= International Scouting Collectors Association =

Memorabilia collectors organization

ISCA Journal November 2004

The International Scouting Collectors Association (ISCA) was established in 2001 as a non-profit group interested in furthering the education of scouting through the trade and display of memorabilia and history of the BSA and Scouting. The ISCA states that [their] "primary purpose is to educate the membership and others regarding Scouting memorabilia and promotion of the ISCA Ethics."

==History==
The history of the ISCA originated with the American Scouting Traders Association (ASTA) and the National Scouting Collectors Society (NSCS) organizations who worked together to help further the knowledge of scouting memorabilia, and thus the history of supporting young people in their physical, mental and spiritual development. At a 1953 National Jamboree, a group of scouts organized a newsletter called The Trader. Mike Diamond became the first editor, and volunteers help ensure the integrity of scouting memorabilia with its publications.

In 1978 The Trader joined forces with Scouting Collectors Quarterly, and through the years produced several publications of various names, and eventually became known as the National Scouting Collectors Society (NSCS).

On the west coast of the United States, a group of traders established the California Traders Association (CTA) to further promote the collaboration between traders and collectors during a 12-D conference (Note: see: BSA Toloma Lodge for context). The CTA went through several name changes and incarnations through the early and mid 1970s, before becoming known as the American Scouting Traders Association (ASTA) in 1985. The ASTA began attending the National Order of the Arrow Conferences (Note: see: Order of the Arrow for context) in 1990, and by 1994 they boasted over 1000 strong in membership.
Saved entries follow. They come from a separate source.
//! What `sudoers_text`, `sudoers_grammar` and `sudoers_line_reader` say of a text.
//!
//! The body of a call is the text. Its answer is what `{:?}` writes.

use crate::answer_output::push_debug_format;
use crate::case_frames::CaseCall;
use std::alloc::{AllocError, Global};
use sudoers_line_reader::{ParsedLine, parse};
use sudoers_line_rows::find_alias_members;
use sudoers_text::{
    LINE_LIMIT, Lines, Mode, TEXT_LIMIT, begins_line_end, choose_line_mode, cut, ends_in_lf,
    is_logical_line, is_name, is_reserved, is_whole_argument, leading_blanks_len, line_end_len,
    tokens, value,
};

/// Adds what is said of the text of `call`; `unknown` if this is not known.
pub fn push_answer_of_text_and_line_call(
    alloc: Global,
    call: CaseCall<'_>,
    answers: &mut String,
) -> Result<(), AllocError> {
    let text = call.body;
    match call.asked {
        b'l' => push_logical_lines(alloc, text, answers),
        b'w' => push_line_tokens(alloc, text, Mode::Words, answers),
        b'c' => push_line_tokens(alloc, text, Mode::Commands, answers),
        b'p' => push_line_tokens(alloc, text, Mode::Parameters, answers),
        b'v' => push_word_value(alloc, text, answers),
        b'P' => push_debug_format(&parse(alloc, text), answers),
        b'O' => push_aliases_mentioned_in_line_text(alloc, text, answers),
        _ => push_text_test_answer(call, answers),
    }
}

/// Adds what a test or a measure of the text of `call` says; `unknown` if this is not known.
fn push_text_test_answer(call: CaseCall<'_>, answers: &mut String) -> Result<(), AllocError> {
    let text = call.body;
    match call.asked {
        b'm' => push_debug_format(&choose_line_mode(text), answers),
        b'n' => push_debug_format(&is_name(text), answers),
        b'r' => push_debug_format(&is_reserved(text), answers),
        b'i' => push_debug_format(&is_logical_line(text), answers),
        b'a' => push_debug_format(&is_whole_argument(text), answers),
        b'b' => push_debug_format(&leading_blanks_len(text), answers),
        b'e' => push_debug_format(&(line_end_len(text), begins_line_end(text)), answers),
        b'f' => push_debug_format(&ends_in_lf(text), answers),
        b's' => push_debug_format(&(LINE_LIMIT, TEXT_LIMIT), answers),
        _ => answers.push_str("unknown"),
    }
}

/// Adds what `word` stands for.
fn push_word_value(alloc: Global, word: &[u8], answers: &mut String) -> Result<(), AllocError> {
    push_debug_format(&value(alloc, word)?, answers)
}

/// Adds the tokens of `line`, or why it has none.
fn push_line_tokens(
    alloc: Global,
    line: &[u8],
    mode: Mode,
    answers: &mut String,
) -> Result<(), AllocError> {
    push_debug_format(&tokens(alloc, line, mode), answers)
}

/// Adds the aliases that are members of lists in `line`, or why it is refused.
fn push_aliases_mentioned_in_line_text(
    alloc: Global,
    line: &[u8],
    answers: &mut String,
) -> Result<(), AllocError> {
    let parsed = parse(alloc, line);
    match &parsed {
        Ok(reading) => push_aliases_mentioned_in_parsed_line(alloc, reading, answers),
        Err(fault) => write!(answers, "Err({fault:?})"),
    }
}

/// Adds the aliases that are members of lists in the line that was read.
fn push_aliases_mentioned_in_parsed_line(
    alloc: Global,
    reading: &ParsedLine,
    answers: &mut String,
) -> Result<(), AllocError> {
    let aliases = find_alias_members(alloc, &reading.node())?;
    write!(answers, "Ok({aliases:?})")
}

/// Adds the lines of `text`, or why it has none.
fn push_logical_lines(alloc: Global, text: &[u8], answers: &mut String) -> Result<(), AllocError> {
    match cut(alloc, text) {
        Ok(lines) => push_lines_and_count(&lines, answers),
        Err(fault) => push_debug_format(&fault, answers),
    }
}

/// Adds how many lines there are, whether there is none, each line, and what is at two places after the last.
fn push_lines_and_count(lines: &Lines<'_>, answers: &mut String) -> Result<(), AllocError> {
    push_debug_format(&(lines.len(), lines.is_empty()), answers)?;
    for i in 0..lines.len() {
        answers.push(' ')?;
        push_debug_format(&lines.get(i), answers)?;
    }
    let past = (lines.get(lines.len()), lines.get(usize::MAX));
    answers.push(' ')?;
    push_debug_format(&past, answers)
}
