//! What comes of files that are gathered.

ghost use Rattle.std.specs.Prelude.{◌≡◌};

use crate::answer_output::{push_debug_format, push_display_format};
use crate::case_frames::split_eight_byte_number;
use crate::loading_calls::named_files_of_parts;
use std::alloc::{AllocError, Global};
use sudoers_files::{
    DeviceFailureAndEndlessFileCounts, FileFault, Files, FilesInMemory, FilesOnDisk, GatherFault,
    gather,
};
use sudoers_tree::{Items, NamedFile};

/// Files whose device fails at one call.
#[derive(Drop)]
pub struct FailingFiles<F> {
    files: F,
    /// Which call fails, from 1; none if it is 0.
    failing: u64,
    calls: u64,
    counts: DeviceFailureAndEndlessFileCounts,
}

impl<F: Files> FailingFiles<F> {
    /// Returns `files` whose call `failing` fails, from 1; none if it is 0.
    pub fn new(files: F, failing: u64) -> FailingFiles<F> {
        FailingFiles {
            files,
            failing,
            calls: 0,
            counts: DeviceFailureAndEndlessFileCounts::new(),
        }
    }

    /// Returns how often the files were asked.
    pub fn calls(&self) -> u64 {
        self.calls
    }

    /// Counts a call, and returns whether it fails.
    fn count_call_and_tell_whether_it_fails(&mut self) -> bool
        ensures { (self.new.files ≡ self.old.files) × (self.new.counts ≡ self.old.counts) }
    {
        self.calls = self.calls.saturating_add(1);
        self.calls == self.failing
    }
}

impl<F: Files> Files for FailingFiles<F> {
    ghost shelf = { λ failing. record {
      files = (F.shelf failing.files).files;
      failures = failing.counts.failures;
      endless = failing.counts.endless;
    } };

    fn read(&mut self, alloc: Global, name: &[u8]) -> Result<Option<Items<u8>>, FileFault> {
        if self.count_call_and_tell_whether_it_fails() {
            return Err(self.counts.count_device_fault(FileFault::Failed));
        }
        match self.files.read(alloc, name) {
            Ok(bytes) => Ok(bytes),
            Err(fault) => Err(self.counts.count_device_fault(fault)),
        }
    }

    fn names(&mut self, alloc: Global, dir: &[u8]) -> Result<Vec<Items<u8>>, FileFault> {
        if self.count_call_and_tell_whether_it_fails() {
            return Err(self.counts.count_device_fault(FileFault::Failed));
        }
        match self.files.names(alloc, dir) {
            Ok(names) => Ok(names),
            Err(fault) => Err(self.counts.count_device_fault(fault)),
        }
    }

    fn list_included_names(
        &mut self,
        alloc: Global,
        dir: &[u8],
    ) -> Result<Vec<Items<u8>>, FileFault> {
        if self.count_call_and_tell_whether_it_fails() {
            return Err(self.counts.count_device_fault(FileFault::Failed));
        }
        match self.files.list_included_names(alloc, dir) {
            Ok(names) => Ok(names),
            Err(fault) => Err(self.counts.count_device_fault(fault)),
        }
    }

    fn list_skipped_names(
        &mut self,
        alloc: Global,
        dir: &[u8],
    ) -> Result<Option<Vec<Items<u8>>>, FileFault> {
        if self.count_call_and_tell_whether_it_fails() {
            return Err(self.counts.count_device_fault(FileFault::Failed));
        }
        match self.files.list_skipped_names(alloc, dir) {
            Ok(names) => Ok(names),
            Err(fault) => Err(self.counts.count_device_fault(fault)),
        }
    }

    fn failures(&self) -> u64 {
        self.counts.failures
    }
}

/// Adds what is gathered of the files that `parts` are.
pub fn push_gathered_from_memory(
    alloc: Global,
    body: &[u8],
    parts: &[u8],
    answers: &mut String,
) -> Result<(), AllocError> {
    let files = FilesInMemory::new(named_files_of_parts(alloc, parts)?);
    push_gather_outcome(alloc, body, files, answers)
}

/// Adds what is gathered of the files of the disk.
pub fn push_gathered_from_disk(
    rt: &HostRuntime,
    body: &[u8],
    answers: &mut String,
) -> Result<(), AllocError> {
    let (_, root) = split_eight_byte_number(body);
    let root = Items::from_slice(rt.alloc(), root)?;
    let files = FilesOnDisk::new(rt.alloc(), rt.clone()?, None, root, rt.stdin());
    push_gather_outcome(rt.alloc(), body, files, answers)
}

/// Adds the names of the files that are gathered, or the fault; and how often the files were asked. The body of the call has the
/// number of the call that fails, and the name of the root.
fn push_gather_outcome<F: Files + Drop>(
    alloc: Global,
    body: &[u8],
    files: F,
    answers: &mut String,
) -> Result<(), AllocError> {
    let (failing, root) = split_eight_byte_number(body);
    let mut files = FailingFiles::new(files, failing);
    match gather(alloc, root, &mut files) {
        Ok(found) => push_file_names_and_sizes(found.as_slice(), answers)?,
        Err(GatherFault::NoMemory) => return Err(AllocError),
        Err(fault) => push_debug_format(&fault, answers)?,
    }
    answers.push('\t')?;
    push_display_format(&files.calls(), answers)
}

/// Adds the names of files and how many bytes each has, with a tab between two files.
fn push_file_names_and_sizes(files: &[NamedFile], answers: &mut String) -> Result<(), AllocError> {
    for (number, file) in files.iter().enumerate() {
        if number > 0 {
            answers.push('\t')?;
        }
        push_debug_format(&file.name.as_slice(), answers)?;
        answers.push(':')?;
        push_display_format(&file.bytes.len(), answers)?;
    }
    Ok(())
}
Now that the ASTA and NSCS have merged to form the ISCA they have over 1500 members, and a presence in all 50 states, as well as 11 countries worldwide.

==ISCA Journal==
The ISCA publishes a quarterly journal, the ISCA Journal, ISCA's quarterly publication featuring ISCA functions, Trade-O-Ree information, history of Scouting memorabilia, news of new patches issued, reports on TOR's, Letters to the Editor and lots more.